**Your objective**
Please copy out all lines of the entries that contain the word "format".
■ ■ ■ ■ ■
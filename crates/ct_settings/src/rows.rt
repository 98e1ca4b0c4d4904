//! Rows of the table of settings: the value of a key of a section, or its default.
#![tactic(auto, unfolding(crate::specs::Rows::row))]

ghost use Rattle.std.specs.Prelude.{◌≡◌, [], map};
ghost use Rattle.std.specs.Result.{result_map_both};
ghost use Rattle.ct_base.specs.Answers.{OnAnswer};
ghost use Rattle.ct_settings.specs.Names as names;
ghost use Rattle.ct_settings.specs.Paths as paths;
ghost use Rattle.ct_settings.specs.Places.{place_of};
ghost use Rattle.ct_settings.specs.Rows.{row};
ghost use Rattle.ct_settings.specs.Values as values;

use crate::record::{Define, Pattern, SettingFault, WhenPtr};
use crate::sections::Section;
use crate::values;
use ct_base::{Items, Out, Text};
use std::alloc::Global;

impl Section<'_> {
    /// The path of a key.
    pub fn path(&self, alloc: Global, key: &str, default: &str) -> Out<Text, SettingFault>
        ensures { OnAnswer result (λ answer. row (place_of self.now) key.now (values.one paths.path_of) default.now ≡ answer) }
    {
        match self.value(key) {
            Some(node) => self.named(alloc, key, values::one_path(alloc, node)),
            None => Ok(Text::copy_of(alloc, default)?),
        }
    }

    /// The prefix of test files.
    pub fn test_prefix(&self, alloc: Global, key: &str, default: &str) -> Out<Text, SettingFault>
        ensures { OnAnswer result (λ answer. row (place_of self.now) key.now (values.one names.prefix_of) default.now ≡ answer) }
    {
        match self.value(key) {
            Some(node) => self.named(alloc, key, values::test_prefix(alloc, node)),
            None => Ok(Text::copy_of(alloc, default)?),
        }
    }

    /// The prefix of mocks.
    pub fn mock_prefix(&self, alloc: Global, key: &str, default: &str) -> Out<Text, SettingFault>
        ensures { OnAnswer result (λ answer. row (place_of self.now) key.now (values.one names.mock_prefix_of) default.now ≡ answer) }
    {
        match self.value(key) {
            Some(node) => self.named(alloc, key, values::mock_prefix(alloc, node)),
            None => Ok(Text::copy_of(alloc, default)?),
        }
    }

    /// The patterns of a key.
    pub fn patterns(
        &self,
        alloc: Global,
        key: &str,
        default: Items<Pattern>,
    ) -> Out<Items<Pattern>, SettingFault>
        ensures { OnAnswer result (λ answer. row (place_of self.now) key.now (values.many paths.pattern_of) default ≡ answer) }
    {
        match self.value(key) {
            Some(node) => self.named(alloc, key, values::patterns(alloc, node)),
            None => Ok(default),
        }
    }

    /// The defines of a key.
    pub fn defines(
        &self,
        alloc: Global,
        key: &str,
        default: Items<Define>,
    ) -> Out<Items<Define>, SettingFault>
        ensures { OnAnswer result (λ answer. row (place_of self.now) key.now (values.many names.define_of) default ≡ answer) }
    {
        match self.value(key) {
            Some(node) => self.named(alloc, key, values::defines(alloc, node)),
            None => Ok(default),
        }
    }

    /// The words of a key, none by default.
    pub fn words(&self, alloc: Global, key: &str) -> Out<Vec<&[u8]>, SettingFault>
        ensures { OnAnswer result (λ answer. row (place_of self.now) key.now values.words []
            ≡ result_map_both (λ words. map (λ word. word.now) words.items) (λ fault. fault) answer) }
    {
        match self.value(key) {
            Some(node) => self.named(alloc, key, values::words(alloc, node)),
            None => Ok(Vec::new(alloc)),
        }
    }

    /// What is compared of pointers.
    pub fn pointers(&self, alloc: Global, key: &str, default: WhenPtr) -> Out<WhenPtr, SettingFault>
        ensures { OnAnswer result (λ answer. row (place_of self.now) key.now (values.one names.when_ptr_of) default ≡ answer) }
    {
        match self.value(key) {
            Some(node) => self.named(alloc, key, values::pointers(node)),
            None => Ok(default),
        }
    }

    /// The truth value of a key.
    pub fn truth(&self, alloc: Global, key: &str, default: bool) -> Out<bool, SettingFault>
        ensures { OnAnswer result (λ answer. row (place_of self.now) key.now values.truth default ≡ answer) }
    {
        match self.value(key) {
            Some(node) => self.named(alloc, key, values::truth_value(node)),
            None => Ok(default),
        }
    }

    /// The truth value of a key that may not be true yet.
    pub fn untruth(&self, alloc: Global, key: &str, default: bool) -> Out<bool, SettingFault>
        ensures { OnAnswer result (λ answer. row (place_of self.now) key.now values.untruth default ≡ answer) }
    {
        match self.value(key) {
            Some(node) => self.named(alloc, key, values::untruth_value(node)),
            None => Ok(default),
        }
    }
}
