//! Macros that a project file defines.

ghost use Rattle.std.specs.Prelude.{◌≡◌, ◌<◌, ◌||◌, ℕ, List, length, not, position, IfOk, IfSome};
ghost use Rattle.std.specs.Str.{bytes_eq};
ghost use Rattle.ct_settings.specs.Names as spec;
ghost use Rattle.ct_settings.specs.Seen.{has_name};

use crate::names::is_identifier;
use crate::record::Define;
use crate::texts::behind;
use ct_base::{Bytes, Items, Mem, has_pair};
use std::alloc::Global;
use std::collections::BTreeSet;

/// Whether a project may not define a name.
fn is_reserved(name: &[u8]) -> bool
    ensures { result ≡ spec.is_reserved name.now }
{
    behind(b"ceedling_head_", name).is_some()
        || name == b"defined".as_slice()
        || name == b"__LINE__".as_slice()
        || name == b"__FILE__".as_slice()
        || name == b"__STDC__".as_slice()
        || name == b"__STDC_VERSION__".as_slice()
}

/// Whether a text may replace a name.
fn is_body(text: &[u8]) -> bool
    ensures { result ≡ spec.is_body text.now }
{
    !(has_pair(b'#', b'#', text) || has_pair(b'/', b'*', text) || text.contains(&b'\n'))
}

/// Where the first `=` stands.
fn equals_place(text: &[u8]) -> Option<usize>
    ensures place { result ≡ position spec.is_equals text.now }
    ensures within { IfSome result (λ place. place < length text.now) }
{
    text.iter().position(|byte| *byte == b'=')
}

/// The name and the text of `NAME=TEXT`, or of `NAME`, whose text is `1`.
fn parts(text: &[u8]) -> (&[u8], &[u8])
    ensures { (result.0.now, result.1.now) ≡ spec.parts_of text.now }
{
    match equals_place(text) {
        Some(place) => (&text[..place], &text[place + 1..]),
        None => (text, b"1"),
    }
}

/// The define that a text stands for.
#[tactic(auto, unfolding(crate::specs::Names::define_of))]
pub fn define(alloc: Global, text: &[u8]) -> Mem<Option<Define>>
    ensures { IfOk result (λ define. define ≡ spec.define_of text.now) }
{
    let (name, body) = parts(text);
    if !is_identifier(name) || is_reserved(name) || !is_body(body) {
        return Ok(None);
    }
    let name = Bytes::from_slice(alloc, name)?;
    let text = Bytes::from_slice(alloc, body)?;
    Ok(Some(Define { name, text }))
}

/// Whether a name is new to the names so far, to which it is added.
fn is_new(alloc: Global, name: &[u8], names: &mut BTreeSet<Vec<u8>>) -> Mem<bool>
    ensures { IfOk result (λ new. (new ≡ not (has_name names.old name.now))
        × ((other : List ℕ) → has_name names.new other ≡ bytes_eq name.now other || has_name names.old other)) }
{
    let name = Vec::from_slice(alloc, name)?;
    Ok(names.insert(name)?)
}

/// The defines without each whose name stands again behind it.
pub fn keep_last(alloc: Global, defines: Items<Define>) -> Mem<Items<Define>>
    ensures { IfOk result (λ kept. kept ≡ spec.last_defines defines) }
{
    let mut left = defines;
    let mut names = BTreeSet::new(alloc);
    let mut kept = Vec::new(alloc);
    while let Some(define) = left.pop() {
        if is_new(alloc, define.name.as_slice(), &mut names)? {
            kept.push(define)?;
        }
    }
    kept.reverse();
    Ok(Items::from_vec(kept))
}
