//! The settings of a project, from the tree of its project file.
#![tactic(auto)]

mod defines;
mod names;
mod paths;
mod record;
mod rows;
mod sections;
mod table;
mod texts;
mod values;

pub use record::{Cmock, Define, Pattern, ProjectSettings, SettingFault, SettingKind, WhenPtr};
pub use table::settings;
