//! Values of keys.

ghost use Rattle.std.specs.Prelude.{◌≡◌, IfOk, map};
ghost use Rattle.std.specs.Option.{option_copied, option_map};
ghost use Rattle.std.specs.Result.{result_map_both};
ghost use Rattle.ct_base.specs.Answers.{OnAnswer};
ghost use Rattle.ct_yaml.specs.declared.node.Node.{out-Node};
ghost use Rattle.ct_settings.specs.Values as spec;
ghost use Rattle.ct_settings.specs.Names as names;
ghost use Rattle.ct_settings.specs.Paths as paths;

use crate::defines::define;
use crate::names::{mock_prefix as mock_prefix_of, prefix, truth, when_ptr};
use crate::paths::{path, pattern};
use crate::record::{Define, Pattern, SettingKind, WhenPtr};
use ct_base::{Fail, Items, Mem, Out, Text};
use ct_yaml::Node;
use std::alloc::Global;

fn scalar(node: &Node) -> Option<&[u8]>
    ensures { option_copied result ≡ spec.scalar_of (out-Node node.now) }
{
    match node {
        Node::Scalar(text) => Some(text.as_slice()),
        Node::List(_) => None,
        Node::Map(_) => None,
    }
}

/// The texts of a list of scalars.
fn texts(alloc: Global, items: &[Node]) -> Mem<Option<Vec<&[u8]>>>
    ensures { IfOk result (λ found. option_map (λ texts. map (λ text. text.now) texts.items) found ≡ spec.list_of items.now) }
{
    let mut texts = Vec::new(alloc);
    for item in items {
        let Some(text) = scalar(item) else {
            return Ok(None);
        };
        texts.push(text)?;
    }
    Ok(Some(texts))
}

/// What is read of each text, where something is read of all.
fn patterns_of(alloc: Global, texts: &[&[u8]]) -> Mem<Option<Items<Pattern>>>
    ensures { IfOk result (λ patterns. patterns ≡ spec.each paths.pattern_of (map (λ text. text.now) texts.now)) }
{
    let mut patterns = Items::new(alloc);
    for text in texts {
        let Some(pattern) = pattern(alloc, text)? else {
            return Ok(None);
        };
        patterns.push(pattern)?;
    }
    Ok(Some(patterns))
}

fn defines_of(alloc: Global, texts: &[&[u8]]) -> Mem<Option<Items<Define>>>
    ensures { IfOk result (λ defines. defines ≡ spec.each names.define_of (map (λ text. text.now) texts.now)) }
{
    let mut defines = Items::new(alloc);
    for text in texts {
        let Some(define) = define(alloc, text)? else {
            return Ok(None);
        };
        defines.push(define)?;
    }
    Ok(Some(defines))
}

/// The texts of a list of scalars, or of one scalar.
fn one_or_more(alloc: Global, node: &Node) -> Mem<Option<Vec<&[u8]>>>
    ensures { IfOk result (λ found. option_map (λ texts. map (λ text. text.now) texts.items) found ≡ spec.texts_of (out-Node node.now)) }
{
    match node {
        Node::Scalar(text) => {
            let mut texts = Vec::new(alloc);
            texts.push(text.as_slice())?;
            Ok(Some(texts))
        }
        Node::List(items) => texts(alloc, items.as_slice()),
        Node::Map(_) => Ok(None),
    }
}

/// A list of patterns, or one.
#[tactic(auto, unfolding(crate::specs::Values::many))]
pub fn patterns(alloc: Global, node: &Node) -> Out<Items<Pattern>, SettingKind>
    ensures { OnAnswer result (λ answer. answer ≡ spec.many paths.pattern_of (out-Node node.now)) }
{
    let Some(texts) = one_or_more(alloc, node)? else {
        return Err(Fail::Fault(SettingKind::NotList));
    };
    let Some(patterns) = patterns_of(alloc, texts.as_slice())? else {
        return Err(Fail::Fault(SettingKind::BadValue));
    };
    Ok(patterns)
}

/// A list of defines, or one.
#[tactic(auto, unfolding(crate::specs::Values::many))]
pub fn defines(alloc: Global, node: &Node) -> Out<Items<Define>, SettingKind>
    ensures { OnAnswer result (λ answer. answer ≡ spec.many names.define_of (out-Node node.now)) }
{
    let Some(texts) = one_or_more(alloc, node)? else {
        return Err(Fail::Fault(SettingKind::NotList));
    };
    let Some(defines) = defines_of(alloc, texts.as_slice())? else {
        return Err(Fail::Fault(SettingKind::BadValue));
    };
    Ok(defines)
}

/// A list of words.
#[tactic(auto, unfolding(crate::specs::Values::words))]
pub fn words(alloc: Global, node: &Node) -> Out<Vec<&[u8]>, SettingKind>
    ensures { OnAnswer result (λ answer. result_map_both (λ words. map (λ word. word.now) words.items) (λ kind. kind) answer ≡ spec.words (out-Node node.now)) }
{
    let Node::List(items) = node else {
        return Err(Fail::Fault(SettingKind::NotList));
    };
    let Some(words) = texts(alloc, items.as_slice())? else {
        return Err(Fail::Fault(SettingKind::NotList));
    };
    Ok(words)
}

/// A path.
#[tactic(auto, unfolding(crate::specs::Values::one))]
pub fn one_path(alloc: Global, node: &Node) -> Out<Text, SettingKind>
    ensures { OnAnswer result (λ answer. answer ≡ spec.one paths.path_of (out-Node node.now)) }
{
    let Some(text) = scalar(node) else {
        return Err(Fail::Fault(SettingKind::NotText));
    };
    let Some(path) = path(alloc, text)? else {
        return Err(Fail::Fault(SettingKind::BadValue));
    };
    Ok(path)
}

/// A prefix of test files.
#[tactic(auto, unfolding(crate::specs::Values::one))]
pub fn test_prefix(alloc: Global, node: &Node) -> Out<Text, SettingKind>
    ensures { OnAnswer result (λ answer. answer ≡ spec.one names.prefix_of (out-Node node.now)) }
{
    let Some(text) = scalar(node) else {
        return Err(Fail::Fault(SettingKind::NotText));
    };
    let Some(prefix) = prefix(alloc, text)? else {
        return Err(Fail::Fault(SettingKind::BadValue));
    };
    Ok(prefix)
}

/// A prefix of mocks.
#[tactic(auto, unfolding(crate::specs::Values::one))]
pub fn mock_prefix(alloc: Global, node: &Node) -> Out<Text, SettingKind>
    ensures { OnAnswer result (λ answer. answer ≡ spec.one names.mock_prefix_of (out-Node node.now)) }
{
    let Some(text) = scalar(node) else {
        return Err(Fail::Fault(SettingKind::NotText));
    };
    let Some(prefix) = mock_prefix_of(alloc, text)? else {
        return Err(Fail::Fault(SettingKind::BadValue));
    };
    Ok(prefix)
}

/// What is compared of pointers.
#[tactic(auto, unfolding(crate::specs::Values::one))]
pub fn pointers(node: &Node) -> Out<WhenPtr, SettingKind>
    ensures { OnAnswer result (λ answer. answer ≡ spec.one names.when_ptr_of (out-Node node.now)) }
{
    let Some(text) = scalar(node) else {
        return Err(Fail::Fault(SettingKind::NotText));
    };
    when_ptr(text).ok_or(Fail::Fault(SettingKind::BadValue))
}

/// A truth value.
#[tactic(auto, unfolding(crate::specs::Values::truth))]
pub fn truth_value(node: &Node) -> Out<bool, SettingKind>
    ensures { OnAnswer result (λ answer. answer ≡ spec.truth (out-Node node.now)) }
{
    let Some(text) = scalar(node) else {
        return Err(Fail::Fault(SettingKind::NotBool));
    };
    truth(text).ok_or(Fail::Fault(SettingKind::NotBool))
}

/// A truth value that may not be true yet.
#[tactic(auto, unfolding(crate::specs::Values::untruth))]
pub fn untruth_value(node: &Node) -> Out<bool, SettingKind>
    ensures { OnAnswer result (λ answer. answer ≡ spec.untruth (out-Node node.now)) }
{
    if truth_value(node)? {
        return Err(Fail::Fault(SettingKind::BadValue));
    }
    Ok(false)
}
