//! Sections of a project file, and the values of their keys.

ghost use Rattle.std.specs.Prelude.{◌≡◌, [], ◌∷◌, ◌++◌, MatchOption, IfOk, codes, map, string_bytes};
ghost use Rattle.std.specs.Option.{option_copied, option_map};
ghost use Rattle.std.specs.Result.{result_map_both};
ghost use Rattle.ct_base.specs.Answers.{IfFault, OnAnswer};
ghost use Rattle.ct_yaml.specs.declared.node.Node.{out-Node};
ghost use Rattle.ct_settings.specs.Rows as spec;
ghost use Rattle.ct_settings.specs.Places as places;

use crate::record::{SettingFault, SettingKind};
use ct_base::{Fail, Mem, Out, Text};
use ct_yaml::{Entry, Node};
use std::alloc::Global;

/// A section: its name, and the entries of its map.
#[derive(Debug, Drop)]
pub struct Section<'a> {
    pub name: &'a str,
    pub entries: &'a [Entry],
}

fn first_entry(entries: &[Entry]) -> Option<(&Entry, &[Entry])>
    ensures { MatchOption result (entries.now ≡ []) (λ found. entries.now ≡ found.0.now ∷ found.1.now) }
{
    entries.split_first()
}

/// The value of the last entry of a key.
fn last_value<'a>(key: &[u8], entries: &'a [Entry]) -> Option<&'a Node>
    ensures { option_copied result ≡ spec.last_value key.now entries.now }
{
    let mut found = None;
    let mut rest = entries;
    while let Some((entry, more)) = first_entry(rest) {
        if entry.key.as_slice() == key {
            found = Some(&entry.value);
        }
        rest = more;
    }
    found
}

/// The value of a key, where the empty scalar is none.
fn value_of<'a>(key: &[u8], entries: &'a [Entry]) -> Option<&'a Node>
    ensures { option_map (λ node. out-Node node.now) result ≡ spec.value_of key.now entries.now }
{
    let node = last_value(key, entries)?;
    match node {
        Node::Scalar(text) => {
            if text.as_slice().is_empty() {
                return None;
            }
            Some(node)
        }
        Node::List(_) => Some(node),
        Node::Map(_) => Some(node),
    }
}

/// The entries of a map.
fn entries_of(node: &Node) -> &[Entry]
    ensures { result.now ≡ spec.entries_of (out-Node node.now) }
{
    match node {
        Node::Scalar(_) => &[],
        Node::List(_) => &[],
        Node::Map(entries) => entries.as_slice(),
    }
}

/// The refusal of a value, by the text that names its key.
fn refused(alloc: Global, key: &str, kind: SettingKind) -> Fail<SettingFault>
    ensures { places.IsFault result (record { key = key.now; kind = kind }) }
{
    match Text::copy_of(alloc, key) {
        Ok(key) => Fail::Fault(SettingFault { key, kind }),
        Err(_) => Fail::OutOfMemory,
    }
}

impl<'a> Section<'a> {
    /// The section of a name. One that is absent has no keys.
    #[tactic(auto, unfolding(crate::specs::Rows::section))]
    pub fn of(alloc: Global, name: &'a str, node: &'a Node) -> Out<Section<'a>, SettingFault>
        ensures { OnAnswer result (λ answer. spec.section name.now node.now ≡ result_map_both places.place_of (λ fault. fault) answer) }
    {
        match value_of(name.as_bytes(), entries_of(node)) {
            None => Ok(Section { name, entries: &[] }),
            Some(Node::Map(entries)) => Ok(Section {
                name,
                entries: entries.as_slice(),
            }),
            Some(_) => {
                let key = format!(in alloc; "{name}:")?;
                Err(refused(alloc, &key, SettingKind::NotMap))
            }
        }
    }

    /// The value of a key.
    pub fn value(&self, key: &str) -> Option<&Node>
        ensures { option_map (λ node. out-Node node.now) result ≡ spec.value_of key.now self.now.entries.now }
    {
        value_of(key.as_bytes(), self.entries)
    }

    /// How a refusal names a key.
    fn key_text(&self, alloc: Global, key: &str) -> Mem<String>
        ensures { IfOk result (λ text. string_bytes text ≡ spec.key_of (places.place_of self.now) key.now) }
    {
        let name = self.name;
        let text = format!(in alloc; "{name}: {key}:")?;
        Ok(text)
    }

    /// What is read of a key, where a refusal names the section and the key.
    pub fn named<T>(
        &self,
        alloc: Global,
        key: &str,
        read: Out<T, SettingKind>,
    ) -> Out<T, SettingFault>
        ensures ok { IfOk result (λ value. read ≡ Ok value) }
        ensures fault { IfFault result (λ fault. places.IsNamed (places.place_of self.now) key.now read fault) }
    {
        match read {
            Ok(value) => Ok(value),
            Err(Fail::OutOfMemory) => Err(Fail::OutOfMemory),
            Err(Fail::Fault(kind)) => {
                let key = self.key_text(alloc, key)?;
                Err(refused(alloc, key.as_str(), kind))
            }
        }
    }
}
■ ■ ■ ■ ■
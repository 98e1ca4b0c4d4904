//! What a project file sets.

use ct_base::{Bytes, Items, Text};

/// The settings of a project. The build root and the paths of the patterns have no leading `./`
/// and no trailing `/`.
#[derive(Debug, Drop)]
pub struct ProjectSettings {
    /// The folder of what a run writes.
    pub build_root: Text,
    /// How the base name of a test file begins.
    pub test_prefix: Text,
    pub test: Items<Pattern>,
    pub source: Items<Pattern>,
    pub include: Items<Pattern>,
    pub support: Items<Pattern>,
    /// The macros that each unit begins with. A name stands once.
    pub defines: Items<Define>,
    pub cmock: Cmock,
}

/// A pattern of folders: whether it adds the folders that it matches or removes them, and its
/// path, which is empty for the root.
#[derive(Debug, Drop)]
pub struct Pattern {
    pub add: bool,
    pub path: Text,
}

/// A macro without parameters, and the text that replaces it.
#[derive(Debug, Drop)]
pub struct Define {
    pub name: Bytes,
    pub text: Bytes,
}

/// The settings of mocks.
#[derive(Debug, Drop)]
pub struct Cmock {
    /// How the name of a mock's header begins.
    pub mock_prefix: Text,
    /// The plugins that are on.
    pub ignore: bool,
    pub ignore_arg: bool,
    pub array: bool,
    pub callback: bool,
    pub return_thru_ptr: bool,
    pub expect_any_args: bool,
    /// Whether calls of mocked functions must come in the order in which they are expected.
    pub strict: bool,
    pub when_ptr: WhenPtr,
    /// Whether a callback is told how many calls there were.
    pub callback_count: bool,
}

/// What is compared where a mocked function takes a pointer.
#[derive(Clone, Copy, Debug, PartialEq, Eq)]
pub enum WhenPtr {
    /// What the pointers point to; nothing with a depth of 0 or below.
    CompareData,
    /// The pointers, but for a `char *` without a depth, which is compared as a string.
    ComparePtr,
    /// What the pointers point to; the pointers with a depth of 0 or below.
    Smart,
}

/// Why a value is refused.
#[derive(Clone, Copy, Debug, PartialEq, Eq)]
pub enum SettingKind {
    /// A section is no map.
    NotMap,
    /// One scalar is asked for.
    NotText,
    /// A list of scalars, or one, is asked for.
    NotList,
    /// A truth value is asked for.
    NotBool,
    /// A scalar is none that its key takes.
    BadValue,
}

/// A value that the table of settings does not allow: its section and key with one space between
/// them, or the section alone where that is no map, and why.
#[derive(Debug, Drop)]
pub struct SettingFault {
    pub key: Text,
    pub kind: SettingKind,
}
■ ■ ■ ■ ■
**Task solution**
                let key = format!(in alloc; "{name}:")?;
        let text = format!(in alloc; "{name}: {key}:")?;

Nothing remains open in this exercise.